Chapter 25: The Juice, the Whole Juice, and Nothing but the Juice
She says, “But I can see your hands on the video. You may be able to deceive others but you cannot deceive me. I have seen you from your very childhood, and you had such a beautiful body.” And I can see tears coming into her eyes looking at my food. And don’t allow her.because she has been trying persistently for years to bring something, just a little.
I say, “No, nothing doing. My doctor does not allow it. I can take only what he prescribes, I cannot take anything else.” But again and again - and I know why, because she saw me in 1960 when I was one hundred and ninety pounds, and I had a body.. Just yesterday I was talking of Mahavira; I could have competed with Mahavira without any difficulty. Actually, people used to say that my body.because I used to sit almost half-naked. Just a small wraparound lungi, even in winter, in the coldest places, even in New Delhi. My host in New Delhi used to say, “You are the only person I have seen in New Delhi who is sitting in just a wraparound lungi, with half the body naked and the fan on full. How do you manage it?”
People used to say that my body looked as if cut out of marble. It used to look like that because I was exercising so much: eight miles in the morning I was going for a walk, eight miles in the evening - at least for twenty years, sixteen miles per day. If you add it all up I think it will come to nearabout three times around the earth or more.
I have hated milk from my very childhood, but because everybody loved my body, and my family insisted that without milk you cannot remain the way you are, I had been drinking milk against my will. That is the only thing in my life that I have done against my will. And the only way I could manage it was to stop breathing and take the whole glass in a single gulp so that I didn’t smell it, because I can’t stand it. I have tried all kinds of milks, but I can’t stand the smell.
My feeling has been always - and I told my family” - Jainas should stop using all milk products because milk is just like meat. It is not vegetarian, it is animal food; and it has a double violence in it. From where does the milk come? It is the mother’s mechanism, biological mechanism, that transforms her blood into milk. You are really drinking white blood.”
My grandmother used to close her ears, “Don’t say such words because then I will not be able to drink it. I will remember ‘white blood.’ Never do such things to an old woman like me.”
Now, Jainas cannot live without milk because that is their only vital food ingredient; otherwise, everything is just vegetable.
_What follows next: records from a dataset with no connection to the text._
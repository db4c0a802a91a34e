// What the type of a space says of its advance.
ghost use Rattle.std.specs.Prelude.{◌≡◌};
ghost use Rattle.placement.specs.Spaces.{kind};

#[derive(Clone, Copy, PartialEq, Eq, Debug)]
pub enum Space {
    // So many make an em.
    Fraction(u8),
    FourEighteenths,
    // As wide as the first digit of the face.
    Digit,
    // As wide as the full stop, or else the comma.
    Stop,
    // Half of what it has.
    Half,
    // What it has.
    Own,
}

impl From<u8> for Space {
    ghost from_gives = { λ number space. space ≡ kind number };

    fn from(number: u8) -> Space {
        match number {
            1..=6 | 16 => Space::Fraction(number),
            17 => Space::FourEighteenths,
            19 => Space::Digit,
            20 => Space::Stop,
            21 => Space::Half,
            _ => Space::Own,
        }
    }
}
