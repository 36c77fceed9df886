//! The whole machine with its schedule.

ghost use Rattle.std.specs.Prelude.{◌≡◌};
ghost use Rattle.activities.specs.Activities.{chosen};
ghost use Rattle.replay.specs.Stepping.{begun_by};

use crate::answering::answer;
use crate::legs::Legs;
use crate::stepped::{CoreRefusal, HandIn, Stepped, Tally};
use crate::{recording, striding};
use activities::{Activities, Choice, Holder, Shared};
use ast::Answer;
use machine::{Code, Done, Frame, Work, stands_local};
use schedules::{MOST_PROCESSORS, MOST_SLOTS, Schedule, Version};
use std::alloc::{AllocError, Global};
use std::marker::Model;

/// The iteration that begins where this is taken up, the next ticket being known.
fn begun_by(choice: Choice, ticket: u128) -> Option<u128>
    ensures { result ≡ begun_by (chosen choice) ticket }
{
    match choice {
        Choice::Ticket => Some(ticket),
        Choice::Main | Choice::Iteration(_) => None,
    }
}

/// What has gone out.
fn output_of(activities: Activities<'_>) -> Vec<u8>
    ensures { result.items ≡ activities.entry.shared.output.items }
{
    let Activities { shared, .. } = activities;
    let Shared { output, .. } = shared;
    output
}

/// A run of code on an input, with the schedule of what its processors did.
pub struct Core<'c> {
    input: &'c [u8],
    activities: Activities<'c>,
    schedule: Schedule,
    tally: Tally,
}

impl Drop for Core<'_> {
    fn drop(self) {
        let Core {
            input: _,
            activities: _,
            schedule: _,
            tally: _,
        } = self;
    }
}

impl<'c> Model for Core<'c> {
    ghost use Rattle.replay.specs.CoreView.{CoreView};

    ghost Value = { CoreView };

    ghost use Rattle.replay.specs.Whole.{IsWhole, seen_as};

    ghost view = { λ c. seen_as c.input.now c.activities c.schedule };

    ghost invariant = { λ c. IsWhole c.input.now c.activities c.schedule c.tally };
}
So they eat all kinds of milk products - butter, ghee, curd - and all kinds of sweets made of milk. But I had a strong feeling from the very beginning that this was just blood. That’s why it increases your blood so quickly, and that’s why the child needs only milk; that’s enough, that is all his food. The mother’s milk provides the child all necessary food; nothing else is needed - and those are the days of its growth. So milk is a whole food.